━━ Record extracts

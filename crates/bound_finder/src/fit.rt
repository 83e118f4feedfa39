//! Whether all that may run while a method does fits the cache together.
ghost use Rattle.std.specs.Prelude.{◌<◌, ◌≤◌, length, IfOk};
ghost use Rattle.compact_walks.specs.Limited.{cycles_limit};
ghost use Rattle.bound_finder.specs.Known.{ForEach};
ghost use Rattle.bound_finder.specs.Found.{IsFitOf};

use super::task::Task;
use base::NoMemory;
use call_regions::{Region, region};
use node_costs::{load, loads};
use std::alloc::Global;

/// Whether all that may run while a method does fits the cache together, and the loads that its number with all loads has beside the
/// one that is asked of it: those of all, or its own.
#[derive(Clone, Copy)]
pub struct Fit {
    pub fits: bool,
    pub more: u64,
}

/// Whether all that may run while the method `m` does fits the cache together, with loads.
pub fn fit_of(alloc: Global, task: &Task<'_>, m: u32) -> Result<Fit, NoMemory>
    requires { m < length task.now.flow.methods }
    ensures fit { IfOk result (λ fit. ForEach task.now (λ P. IsFitOf P task.now.timing m fit)) }
    ensures small { IfOk result (λ fit. fit.more ≤ cycles_limit) }
{
    let t = task.timing();
    match region(alloc, task.flow(), m, t.blocks, t.block_words)? {
        Region::Fits(methods) => Ok(Fit {
            fits: true,
            more: loads(task.flow(), methods.as_slice(), t.read),
        }),
        Region::Exceeds => Ok(Fit {
            fits: false,
            more: load(task.method(m), t.read),
        }),
    }
}
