//! Which line of which file the instructions of a method of a program were compiled from (JVM Specification SE 8, 4.7.10 and 4.7.12),
//! by the name of the file as it is written in lines. The definitions stand in `specs/`.

mod sources;

pub use sources::{MethodSource, all_lines, file_of, lines_at, source_at, source_of};
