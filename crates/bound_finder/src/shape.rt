//! The live graph of a method on nodes without gaps, with its loops.
ghost use Rattle.std.specs.Prelude.{◌≡◌, ◌*◌, ◌<◌, ℕ, length, map, slice_index, All, IfOk, IfErr};
ghost use Rattle.bytecode_model.specs.Program.{Program};
ghost use Rattle.method_flow.specs.Flow.{IsCodedOf};
ghost use Rattle.method_flow.specs.Graphs.{IsGraphBy};
ghost use Rattle.flow_graph.specs.Numbering.{IsCompactOf};
ghost use Rattle.flow_graph.specs.Where.{IsEdgeWhere};
ghost use Rattle.loop_nest.specs.Digraph.{Digraph, IsDigraph};
ghost use Rattle.bound_finder.specs.Prepared.{IsLeftAs, IsLeftBy, IsShapeOf};

use super::telling::{Told, goes_on};
use base::{Items, NoMemory};
use bound_rules::BoundRefusal;
use compact_walks::numbers;
use flow_graph::{Compact, compact, graph_where};
use loop_nest::loops::{Nest, NestFault};
use loop_nest::{Graph, nest};
use method_flow::FlowMethod;
use std::alloc::Global;

/// The graph of the nodes that node 0 reaches of another one, the numbers that these have there, its loops, and how many nodes the
/// other one has.
#[derive(Drop)]
pub struct Shape {
    pub graph: Graph,
    pub nodes: Items<u32>,
    pub nest: Nest,
    pub size: u32,
}

/// The graph of a method where the calls go on of which that is told.
pub fn told_graph(alloc: Global, m: &FlowMethod, told: &[Told]) -> Result<Graph, NoMemory>
    requires { length told.now ≡ length m.now.calls }
    ensures graph { IfOk result (λ g. (P : Program) (n : ℕ) → IsCodedOf P n m.now
        → IsGraphBy (IsEdgeWhere P n m.now.calls (map (λ s. s.goes_on) told.now)) P n g) }
    ensures nodes { IfOk result (λ g. g.nodes ≡ 2 * length m.now.code) }
{
    let goes = goes_on(alloc, told)?;
    graph_where(alloc, m, &goes)
}

/// The refusal of a method whose graph's reduction leaves these nodes.
fn irreducible(alloc: Global, m: u32, nodes: &[u32], left: &[u32]) -> BoundRefusal
    requires { All (λ u. u < length nodes.now) left.now }
    ensures { IsLeftAs m (slice_index nodes.now) left.now result }
{
    match numbers(alloc, nodes, left) {
        Ok(nodes) => BoundRefusal::Irreducible(m, nodes),
        Err(NoMemory) => BoundRefusal::NoMemory,
    }
}

/// The shape of a compact graph.
fn shape_of(alloc: Global, m: u32, size: u32, c: Compact) -> Result<Shape, BoundRefusal>
    requires { length c.nodes ≡ c.graph.nodes }
    ensures shape { IfOk result (λ s. (g : Digraph) → IsCompactOf g c → g.nodes ≡ size → IsDigraph g → IsShapeOf g s) }
    ensures cause { IfErr result (λ e. (g : Digraph) → IsCompactOf g c → IsLeftBy g m e) }
{
    let Compact { graph, nodes } = c;
    match nest(alloc, &graph) {
        Ok(nest) => Ok(Shape {
            graph,
            nodes,
            nest,
            size,
        }),
        Err(NestFault::Irreducible(left)) => Err(irreducible(alloc, m, nodes.as_slice(), &left)),
        Err(NestFault::NoMemory) => Err(BoundRefusal::NoMemory),
    }
}

/// The shape of the graph of the method `m`.
pub fn shape_in(alloc: Global, m: u32, g: &Graph) -> Result<Shape, BoundRefusal>
    ensures shape { IfOk result (IsShapeOf g.now) }
    ensures cause { IfErr result (IsLeftBy g.now m) }
{
    match compact(alloc, g) {
        Ok(compact) => shape_of(alloc, m, g.nodes(), compact),
        Err(NoMemory) => Err(BoundRefusal::NoMemory),
    }
}
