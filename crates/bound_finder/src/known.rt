//! What is known of methods.

/// What is known of a method. Numbers are cycles, and none where the method can't end; those past 64 bits count as 2^64.
#[derive(Clone, Copy)]
pub struct Known {
    /// Whether all that may run while it does fits the method cache together.
    pub fits: bool,
    /// Its number without loads where it does, and else that with the loads of loops.
    pub asked: Option<u128>,
    /// Its number with all loads.
    pub full: Option<u128>,
    /// Whether one of its numbers is past 64 bits, or iterations of its loops are so together.
    pub too_large: bool,
}

/// Of a method of which nothing is known.
pub const UNKNOWN: Known = Known {
    fits: false,
    asked: None,
    full: None,
    too_large: false,
};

━━━━

● **Instructions to follow**: Each line that includes "without" counts once; state how many such lines the listing has, with no other words.

● **Written answer**: 2